Reverberation Mapping Time Lag Estimation via Deep Learning Neural Networks
PI: Hyungsuk Tak (Statistics, Astronomy and Astrophysics) William Nielsen Brandt (Astronomy & Astrophysics)
Supermassive black holes, among the Universe’s most extreme objects, are fueled by mass accretion and exhibit variability in luminosity across the electromagnetic spectrum. This variability enables their growth to be tracked over vast cosmological distances, influencing the evolution of the Universe. Black hole mass is fundamental to understanding SMBH-galaxy coevolution, and reverberation mapping provides a reliable method for mass measurement by estimating time lags between multi-band time series data sets of active galactic nuclei; see Figure 1 for an illustration of the time lag.
One of the most popular model-based methods for inferring reverberation mapping time lags is JAVELIN [1, 2]. However, it has not been updated since 2016 and lacks recent advances in modeling and computational techniques. To address this, the main stochastic driver of JAVELIN should be improved from the current, simplest Ornstein-Uhlenbeck process to the more general continuous-time autoregressive moving average processes [3], which represent a major advance in modeling complex astronomical time series data. Computational challenges arise because the likelihood function of the advanced model contains intractable integrals. Preliminary work has shown that traditional statistical model-fitting tools, such as Markov chain Monte Carlo methods or nested sampling, are infeasible due to the intractable likelihood function.
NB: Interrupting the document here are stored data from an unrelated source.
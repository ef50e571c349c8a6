//! Shows one conversation of a script: how its log is judged, the last events with their lines, the messages in flight,
//! and what each role may do next. Or shows it as a sequence diagram.
#![tactic(auto)]

mod after;
mod arrows;
mod chart;
mod chart_page;
pub mod events;
mod flights;
pub mod head;
mod kept_lines;
mod line_monitor;
mod notes;
mod offence;
mod page;
mod participants;
mod show_form;
mod show_run;
pub mod show_script;
mod shown;
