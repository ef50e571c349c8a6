//! Which lines are kept after the reply to a step.

ghost use Rattle.std.specs.Prelude.{◌≡◌, IfErr, OnOk};
ghost use Rattle.scrib_cli.specs.Requests.{HasMemory, OfStep};
ghost use Rattle.scrib_show.specs.EventLines.{lines_after};
ghost use Rattle.scrib_script_io.specs.declared.fault.ScriptFault.TheVariants.{OutOfMemory};

use scrib_core::reply::{Refusal, Reply};
use scrib_script_io::fault::ScriptFault;

// Keeps the number of the line where it noted an event of the conversation, and drops all where it opened it. It fails
// where memory for the step or for the number was refused.
pub(crate) fn keep_line(
    numbers: &mut Vec<u64>,
    id: u32,
    number: u64,
    reply: &Reply,
) -> Result<(), ScriptFault>
    ensures lines { OnOk result (numbers.new.items ≡ lines_after id numbers.old.items number
        (OfStep reply.now)) }
    ensures made { OnOk result (HasMemory (OfStep reply.now)) }
    ensures fault { IfErr result (λ e. e ≡ OutOfMemory) }
{
    match reply {
        Reply::Opened { id: opened, .. } => {
            if *opened == id {
                numbers.clear();
            }
            Ok(())
        }
        Reply::Noted { id: noted, .. } => {
            if *noted == id {
                numbers.push(number)?;
            }
            Ok(())
        }
        Reply::Refused(Refusal::OutOfMemory) => Err(ScriptFault::OutOfMemory),
        _ => Ok(()),
    }
}
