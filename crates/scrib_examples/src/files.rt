//! Command lines as a user types them, over files and an example's own standard input.

ghost use Rattle.std.specs.Prelude.{◌≡◌, ◌+◌, IfOk, None, string_len};

use crate::fault::RowsFault;
use scrib_command_line::run_command_line::{PipeOutput, Streams, run_command_line};
use std::alloc::{Allocator, Global};
use std::fmt::Display;
use std::io;
use std::io::{BufRead, ErrorKind, Input, IsTerminal, Lines, Write};
use std::marker::Send;
use std::rt::Files;
use std::sync::Wait;
use std::thread::Threads;

// Standard input that is the text of an example.
#[derive(Clone, Copy)]
struct ExampleInput<'a> {
    text: &'a [u8],
    // Whether it is said to be a terminal.
    is_terminal: bool,
}

impl<'a> Input for ExampleInput<'a> {
    type Reader = &'a [u8];

    fn read_line<A: Allocator + Clone>(&self, buf: &mut String<A>) -> io::Result<usize> {
        self.reader().read_line(buf)
    }

    fn lines<A: Allocator>(&self, alloc: A) -> Lines<&'a [u8], A> {
        self.reader().lines(alloc)
    }

    fn reader(&self) -> &'a [u8] {
        self.text
    }
}

impl IsTerminal for ExampleInput<'_> {
    fn is_terminal(&self) -> bool {
        self.is_terminal
    }
}

// An output whose reader has gone.
#[derive(Drop)]
struct UnreadOutput;

impl Write for UnreadOutput {
    ghost contents = { λ _. None };

    fn write(&mut self, _buf: &[u8]) -> io::Result<usize> {
        Err(io::Error::from(ErrorKind::BrokenPipe))
    }

    fn flush(&mut self) -> io::Result<()> {
        Ok(())
    }
}

// Both standard streams in one: what goes to standard error is printed among the rest.
#[derive(Clone, Copy)]
struct OneStream<'a, R>(&'a R);

impl<R: Print> Print for OneStream<'_, R> {
    fn print<D: Display + Drop>(&self, value: D) -> io::Result<()> {
        self.0.print(value)
    }

    fn println<D: Display + Drop>(&self, value: D) -> io::Result<()> {
        self.0.println(value)
    }

    fn write_all(&self, bytes: &[u8]) -> io::Result<()> {
        self.0.write_all(bytes)
    }
}

impl<R: Print> Eprint for OneStream<'_, R> {
    fn eprint<D: Display + Drop>(&self, value: D) -> io::Result<()> {
        self.0.print(value)
    }

    fn eprintln<D: Display + Drop>(&self, value: D) -> io::Result<()> {
        self.0.println(value)
    }
}

// Runs the program's command line of these words over these streams, and returns the status that it ends with.
fn run_words<R, I, E, W>(rt: &R, input: &I, messages: &E, writer: W, words: &[String]) -> u8
where
    R: Files + Threads + Wait + AllocGlobal + Sync,
    I: Input + IsTerminal + Sync,
    E: Print + Eprint + Sync,
    W: Write + Drop,
    R::File: Send,
    I::Reader: Send,
{
    let mut output = PipeOutput::new(writer);
    let mut streams = Streams {
        input,
        input_is_terminal: input.is_terminal(),
        output: &mut output,
        messages,
    };
    run_command_line(rt, &mut streams, words)
}

/// The standard streams of a command line.
#[derive(Clone, Copy, PartialEq, Eq)]
pub(crate) enum Ends {
    /// Both are read and written as files are.
    Files,
    /// Standard input is a terminal.
    Terminal,
    /// The reader of standard output has gone.
    Unread,
}

// The words of the command line, the program's name first.
fn words_of(alloc: Global, command: &str) -> Result<Vec<String>, RowsFault> {
    let mut words = Vec::new(alloc);
    words.push(String::from_str(alloc, "scribmon")?)?;
    for word in command.split_whitespace() {
        words.push(String::from_str(alloc, word)?)?;
    }
    Ok(words)
}

/// Runs the program's command line of these words, and writes the status that it ends with.
pub(crate) fn obey_files<R: Print + Files + Threads + Wait + AllocGlobal + Sync, W: Write>(
    rt: &R,
    ends: Ends,
    command: &str,
    input: &str,
    writer: &mut W,
) -> Result<(), RowsFault>
where
    R::File: Send,
{
    let words = words_of(rt.alloc(), command)?;
    let input = ExampleInput {
        text: input.as_bytes(),
        is_terminal: ends == Ends::Terminal,
    };
    let messages = OneStream(rt);
    writer.flush()?;
    let status = if ends == Ends::Unread {
        run_words(rt, &input, &messages, UnreadOutput, words.as_slice())
    } else {
        run_words(rt, &input, &messages, &mut *writer, words.as_slice())
    };
    writeln!(writer, "status {status}")?;
    Ok(())
}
However, recent advances in machine learning techniques demonstrate promising results in approximating such intractable likelihood functions using deep learning neural networks, e.g., recurrent neural networks or transformer-based neural networks [4, 5, 6]. Thus, the primary goal of this project is to implement these deep learning neural network methods to estimate time lags in reverberation mapping by fitting the advanced physical model to multi-band time series data.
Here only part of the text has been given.